## Problem requirements
The lines below, beginning at the one that contains "that have them." and ending at the last, are to be retyped exactly.

Stored data entries
· · ·

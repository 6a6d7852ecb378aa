//! The parts of a viewpoint that can be asked for.

/// What is asked of a viewpoint (BCF API 3.0, 4.5.3, 4.5.5 to 4.5.7).
#[derive(Clone, Copy, Debug, PartialEq, Eq)]
pub enum ViewPart {
    /// The viewpoint itself, without its components.
    Whole,
    /// The components that it selects.
    Selection,
    /// The colors and the components that have them.
    Coloring,
    /// The components that it shows or hides.
    Visibility,
}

· · ·

## Expected answer
    /// The colors and the components that have them.
    Coloring,
    /// The components that it shows or hides.
    Visibility,
}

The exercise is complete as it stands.